Assignment »
Where in the data below does the word "place" appear? Copy every line that has it.

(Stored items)
============================================================

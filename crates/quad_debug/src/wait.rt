// What turns are taken for.

ghost use Rattle.std.specs.Prelude.{◌≡◌, ◌≤◌, length, take, drop, false};
ghost use Rattle.quad_debug.specs.Obeys as spec;
ghost use Rattle.quad_debug.specs.Parts.{stands_in};

use vm_machine::Machine;
use vm_turn::Entry;

/// What turns are taken for.
#[derive(Clone, Copy, Debug, PartialEq, Eq)]
pub enum Wait {
    /// That the journal has so many entries.
    Entries(usize),
    /// That a message is in flight, or its event ended.
    Message(u32),
}

// Whether an event of that message ended.
fn has_ended(message: u32, entries: &[Entry]) -> bool
    ensures { result ≡ spec.has_ended message entries.now }
{
    entries.iter().any(|entry| entry.message == message)
}

/// The entries from a place on.
pub fn entries_from(entries: &[Entry], place: usize) -> &[Entry]
    requires { place ≤ length entries.now }
    ensures { result.now ≡ drop place entries.now }
{
    &entries[place..]
}

/// Whether the journal shows that it has come. In its first `seen` entries the message does not stand.
pub fn is_over(wait: Wait, journal: &[Entry], seen: usize) -> bool
    requires within { seen ≤ length journal.now }
    requires unseen { stands_in wait (take seen journal.now) ≡ false }
    ensures { result ≡ spec.is_over wait journal.now }
{
    match wait {
        Wait::Entries(count) => count <= journal.len(),
        Wait::Message(message) => has_ended(message, entries_from(journal, seen)),
    }
}

/// Whether the message is in flight.
pub fn is_begun(wait: Wait, machine: &Machine) -> bool
    ensures { result ≡ spec.is_begun wait machine.now.state.flight }
{
    match wait {
        Wait::Entries(_) => false,
        Wait::Message(message) => machine.in_flight(message),
    }
}
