// Whether a machine is at rest, and how commands that wait end.

ghost use Rattle.std.specs.Prelude.{◌≡◌, not, OnOk, OnErr};
ghost use Rattle.hum_outside.specs.Outside.{HasCause, AppendsFront, appended};
ghost use Rattle.quad_debug.specs.Obeys as spec;

use crate::lines::put_flight;
use crate::wait::{Wait, is_begun};
use hum_outside::{Failed, Sink, put_all};
use vm_machine::Machine;

// Whether nothing is in flight.
fn is_flight_empty(machine: &Machine) -> bool
    ensures { result ≡ spec.is_empty machine.now.state.flight }
{
    let _turns = machine.turns();
    for message in 0..machine.queue().given() {
        if machine.in_flight(message) {
            return false;
        }
    }
    true
}

// Whether nothing is in flight and no message can go.
fn is_at_rest(machine: &Machine) -> bool
    ensures { result ≡ spec.is_at_rest machine.now.state }
{
    let _turns = machine.turns();
    let _sheet = machine.sheet();
    is_flight_empty(machine) && machine.queue().first_ready(machine.quads()).is_none()
}

// Writes that the message that is waited for is in flight.
fn put_begun<K: Sink>(out: &mut K, wait: Wait) -> Result<(), Failed>
    ensures all { OnOk result (K.written out.new ≡ appended (K.written out.old) (spec.begun_line wait)) }
    ensures front { OnErr result (AppendsFront (K.written out.old) (K.written out.new) (spec.begun_line wait)) }
    ensures cause { HasCause (K.faults out.old) (K.faults out.new) result }
{
    match wait {
        Wait::Entries(_) => Ok(()),
        Wait::Message(message) => put_flight(out, message),
    }
}

/// Writes how a command ends that waits. `rests` says whether it is to be told that the machine is at rest.
pub fn put_ending<K: Sink>(
    out: &mut K,
    machine: &Machine,
    wait: Wait,
    rests: bool,
) -> Result<(), Failed>
    ensures all { OnOk result (K.written out.new ≡ appended (K.written out.old) (spec.ending wait rests machine.now.state)) }
    ensures front { OnErr result (AppendsFront (K.written out.old) (K.written out.new) (spec.ending wait rests machine.now.state)) }
    ensures cause { HasCause (K.faults out.old) (K.faults out.new) result }
{
    if let Some(_) = machine.ran_out() {
        return put_all(out, b"* spent\n");
    }
    if is_begun(wait, machine) {
        return put_begun(out, wait);
    }
    if rests && is_at_rest(machine) {
        return put_all(out, b"* rest\n");
    }
    Ok(())
}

============================================================

Answer box »
/// The entries from a place on.
pub fn entries_from(entries: &[Entry], place: usize) -> &[Entry]
    requires { place ≤ length entries.now }
    ensures { result.now ≡ drop place entries.now }
    &entries[place..]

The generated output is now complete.